Problem to work on => Copy out all of the data that follows, exactly as it appears.

╭──

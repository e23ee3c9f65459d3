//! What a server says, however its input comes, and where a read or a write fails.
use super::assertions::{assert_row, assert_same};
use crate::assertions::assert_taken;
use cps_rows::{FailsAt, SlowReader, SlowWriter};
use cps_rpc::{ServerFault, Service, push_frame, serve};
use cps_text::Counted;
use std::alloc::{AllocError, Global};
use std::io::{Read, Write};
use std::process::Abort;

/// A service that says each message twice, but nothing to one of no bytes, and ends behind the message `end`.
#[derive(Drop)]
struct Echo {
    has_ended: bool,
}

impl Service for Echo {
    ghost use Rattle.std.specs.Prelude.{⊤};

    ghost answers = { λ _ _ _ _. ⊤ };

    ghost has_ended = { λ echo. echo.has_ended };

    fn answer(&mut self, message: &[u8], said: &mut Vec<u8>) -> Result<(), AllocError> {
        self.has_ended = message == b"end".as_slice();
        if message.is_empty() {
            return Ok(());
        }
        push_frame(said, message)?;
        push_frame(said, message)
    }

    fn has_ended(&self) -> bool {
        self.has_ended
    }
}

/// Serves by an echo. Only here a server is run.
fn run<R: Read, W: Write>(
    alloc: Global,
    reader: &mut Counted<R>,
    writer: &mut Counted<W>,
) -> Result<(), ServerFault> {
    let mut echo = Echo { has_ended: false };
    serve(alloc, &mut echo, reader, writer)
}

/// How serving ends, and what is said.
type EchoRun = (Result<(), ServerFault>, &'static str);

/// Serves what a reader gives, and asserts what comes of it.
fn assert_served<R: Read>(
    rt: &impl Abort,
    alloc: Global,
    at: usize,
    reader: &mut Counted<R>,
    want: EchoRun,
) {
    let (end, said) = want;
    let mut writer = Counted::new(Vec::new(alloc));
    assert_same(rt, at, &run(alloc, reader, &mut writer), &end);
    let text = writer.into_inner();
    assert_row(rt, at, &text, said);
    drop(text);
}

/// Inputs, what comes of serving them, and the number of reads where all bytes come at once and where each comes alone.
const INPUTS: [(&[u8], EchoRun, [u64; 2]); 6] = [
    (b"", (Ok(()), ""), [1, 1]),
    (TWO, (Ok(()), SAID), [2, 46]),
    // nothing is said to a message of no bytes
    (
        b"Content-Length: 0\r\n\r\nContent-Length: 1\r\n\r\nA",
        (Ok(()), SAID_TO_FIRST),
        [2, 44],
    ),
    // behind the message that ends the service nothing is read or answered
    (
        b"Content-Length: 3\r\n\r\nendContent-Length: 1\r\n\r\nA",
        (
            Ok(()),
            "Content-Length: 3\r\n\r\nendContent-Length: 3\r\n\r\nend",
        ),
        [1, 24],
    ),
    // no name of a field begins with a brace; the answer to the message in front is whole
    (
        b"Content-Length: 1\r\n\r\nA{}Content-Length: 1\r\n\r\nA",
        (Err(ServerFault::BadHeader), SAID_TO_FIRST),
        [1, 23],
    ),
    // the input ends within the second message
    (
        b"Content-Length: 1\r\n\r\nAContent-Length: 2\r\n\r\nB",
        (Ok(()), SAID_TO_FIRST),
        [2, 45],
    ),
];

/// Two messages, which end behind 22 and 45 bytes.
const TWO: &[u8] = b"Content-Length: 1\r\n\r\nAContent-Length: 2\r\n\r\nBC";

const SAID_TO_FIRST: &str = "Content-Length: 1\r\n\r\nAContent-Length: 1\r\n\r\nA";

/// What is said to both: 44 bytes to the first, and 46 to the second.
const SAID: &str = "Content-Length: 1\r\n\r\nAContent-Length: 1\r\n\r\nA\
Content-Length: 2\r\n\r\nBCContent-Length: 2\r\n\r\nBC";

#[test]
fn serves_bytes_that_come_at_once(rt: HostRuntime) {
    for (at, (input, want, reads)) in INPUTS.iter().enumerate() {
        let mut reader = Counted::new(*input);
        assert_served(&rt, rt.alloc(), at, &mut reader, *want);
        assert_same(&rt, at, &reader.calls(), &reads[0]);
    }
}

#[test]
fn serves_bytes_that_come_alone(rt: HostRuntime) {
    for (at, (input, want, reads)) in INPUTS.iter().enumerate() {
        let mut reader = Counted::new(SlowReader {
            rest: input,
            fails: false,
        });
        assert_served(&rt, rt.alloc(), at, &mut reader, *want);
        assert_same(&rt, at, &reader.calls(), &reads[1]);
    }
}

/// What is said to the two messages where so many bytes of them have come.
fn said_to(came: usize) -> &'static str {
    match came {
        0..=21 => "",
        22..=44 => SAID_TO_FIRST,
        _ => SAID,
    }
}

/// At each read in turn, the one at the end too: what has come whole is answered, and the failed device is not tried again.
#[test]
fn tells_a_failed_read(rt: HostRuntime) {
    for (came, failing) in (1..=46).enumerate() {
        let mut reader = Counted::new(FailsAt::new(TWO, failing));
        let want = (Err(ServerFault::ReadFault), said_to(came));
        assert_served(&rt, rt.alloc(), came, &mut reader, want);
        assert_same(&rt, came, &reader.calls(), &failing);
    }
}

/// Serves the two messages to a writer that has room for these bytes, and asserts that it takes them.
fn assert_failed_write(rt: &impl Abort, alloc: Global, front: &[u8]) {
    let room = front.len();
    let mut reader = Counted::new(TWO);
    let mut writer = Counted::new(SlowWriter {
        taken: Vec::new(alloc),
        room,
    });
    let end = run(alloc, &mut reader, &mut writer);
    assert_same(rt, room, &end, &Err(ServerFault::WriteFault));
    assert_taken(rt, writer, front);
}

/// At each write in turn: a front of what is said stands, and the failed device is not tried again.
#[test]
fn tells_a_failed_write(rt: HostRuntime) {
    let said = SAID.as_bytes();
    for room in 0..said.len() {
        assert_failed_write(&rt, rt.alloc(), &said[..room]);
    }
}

╰──

Finished exercise =>
repository e23ee3c9f65459d3
//! What a server says, however its input comes, and where a read or a write fails.
use super::assertions::{assert_row, assert_same};
use crate::assertions::assert_taken;
use cps_rows::{FailsAt, SlowReader, SlowWriter};
use cps_rpc::{ServerFault, Service, push_frame, serve};
use cps_text::Counted;
use std::alloc::{AllocError, Global};
use std::io::{Read, Write};
use std::process::Abort;

/// A service that says each message twice, but nothing to one of no bytes, and ends behind the message `end`.
#[derive(Drop)]
struct Echo {
    has_ended: bool,
}

impl Service for Echo {
    ghost use Rattle.std.specs.Prelude.{⊤};

    ghost answers = { λ _ _ _ _. ⊤ };

    ghost has_ended = { λ echo. echo.has_ended };

    fn answer(&mut self, message: &[u8], said: &mut Vec<u8>) -> Result<(), AllocError> {
        self.has_ended = message == b"end".as_slice();
        if message.is_empty() {
            return Ok(());
        }
        push_frame(said, message)?;
        push_frame(said, message)
    }

    fn has_ended(&self) -> bool {
        self.has_ended
    }
}

/// Serves by an echo. Only here a server is run.
fn run<R: Read, W: Write>(
    alloc: Global,
    reader: &mut Counted<R>,
    writer: &mut Counted<W>,
) -> Result<(), ServerFault> {
    let mut echo = Echo { has_ended: false };
    serve(alloc, &mut echo, reader, writer)
}

/// How serving ends, and what is said.
type EchoRun = (Result<(), ServerFault>, &'static str);

/// Serves what a reader gives, and asserts what comes of it.
fn assert_served<R: Read>(
    rt: &impl Abort,
    alloc: Global,
    at: usize,
    reader: &mut Counted<R>,
    want: EchoRun,
) {
    let (end, said) = want;
    let mut writer = Counted::new(Vec::new(alloc));
    assert_same(rt, at, &run(alloc, reader, &mut writer), &end);
    let text = writer.into_inner();
    assert_row(rt, at, &text, said);
    drop(text);
}

/// Inputs, what comes of serving them, and the number of reads where all bytes come at once and where each comes alone.
const INPUTS: [(&[u8], EchoRun, [u64; 2]); 6] = [
    (b"", (Ok(()), ""), [1, 1]),
    (TWO, (Ok(()), SAID), [2, 46]),
    // nothing is said to a message of no bytes
    (
        b"Content-Length: 0\r\n\r\nContent-Length: 1\r\n\r\nA",
        (Ok(()), SAID_TO_FIRST),
        [2, 44],
    ),
    // behind the message that ends the service nothing is read or answered
    (
        b"Content-Length: 3\r\n\r\nendContent-Length: 1\r\n\r\nA",
        (
            Ok(()),
            "Content-Length: 3\r\n\r\nendContent-Length: 3\r\n\r\nend",
        ),
        [1, 24],
    ),
    // no name of a field begins with a brace; the answer to the message in front is whole
    (
        b"Content-Length: 1\r\n\r\nA{}Content-Length: 1\r\n\r\nA",
        (Err(ServerFault::BadHeader), SAID_TO_FIRST),
        [1, 23],
    ),
    // the input ends within the second message
    (
        b"Content-Length: 1\r\n\r\nAContent-Length: 2\r\n\r\nB",
        (Ok(()), SAID_TO_FIRST),
        [2, 45],
    ),
];

/// Two messages, which end behind 22 and 45 bytes.
const TWO: &[u8] = b"Content-Length: 1\r\n\r\nAContent-Length: 2\r\n\r\nBC";

const SAID_TO_FIRST: &str = "Content-Length: 1\r\n\r\nAContent-Length: 1\r\n\r\nA";

/// What is said to both: 44 bytes to the first, and 46 to the second.
const SAID: &str = "Content-Length: 1\r\n\r\nAContent-Length: 1\r\n\r\nA\
Content-Length: 2\r\n\r\nBCContent-Length: 2\r\n\r\nBC";

#[test]
fn serves_bytes_that_come_at_once(rt: HostRuntime) {
    for (at, (input, want, reads)) in INPUTS.iter().enumerate() {
        let mut reader = Counted::new(*input);
        assert_served(&rt, rt.alloc(), at, &mut reader, *want);
        assert_same(&rt, at, &reader.calls(), &reads[0]);
    }
}

#[test]
fn serves_bytes_that_come_alone(rt: HostRuntime) {
    for (at, (input, want, reads)) in INPUTS.iter().enumerate() {
        let mut reader = Counted::new(SlowReader {
            rest: input,
            fails: false,
        });
        assert_served(&rt, rt.alloc(), at, &mut reader, *want);
        assert_same(&rt, at, &reader.calls(), &reads[1]);
    }
}

/// What is said to the two messages where so many bytes of them have come.
fn said_to(came: usize) -> &'static str {
    match came {
        0..=21 => "",
        22..=44 => SAID_TO_FIRST,
        _ => SAID,
    }
}

/// At each read in turn, the one at the end too: what has come whole is answered, and the failed device is not tried again.
#[test]
fn tells_a_failed_read(rt: HostRuntime) {
    for (came, failing) in (1..=46).enumerate() {
        let mut reader = Counted::new(FailsAt::new(TWO, failing));
        let want = (Err(ServerFault::ReadFault), said_to(came));
        assert_served(&rt, rt.alloc(), came, &mut reader, want);
        assert_same(&rt, came, &reader.calls(), &failing);
    }
}

/// Serves the two messages to a writer that has room for these bytes, and asserts that it takes them.
fn assert_failed_write(rt: &impl Abort, alloc: Global, front: &[u8]) {
    let room = front.len();
    let mut reader = Counted::new(TWO);
    let mut writer = Counted::new(SlowWriter {
        taken: Vec::new(alloc),
        room,
    });
    let end = run(alloc, &mut reader, &mut writer);
    assert_same(rt, room, &end, &Err(ServerFault::WriteFault));
    assert_taken(rt, writer, front);
}

/// At each write in turn: a front of what is said stands, and the failed device is not tried again.
#[test]
fn tells_a_failed_write(rt: HostRuntime) {
    let said = SAID.as_bytes();
    for room in 0..said.len() {
        assert_failed_write(&rt, rt.alloc(), &said[..room]);
    }
}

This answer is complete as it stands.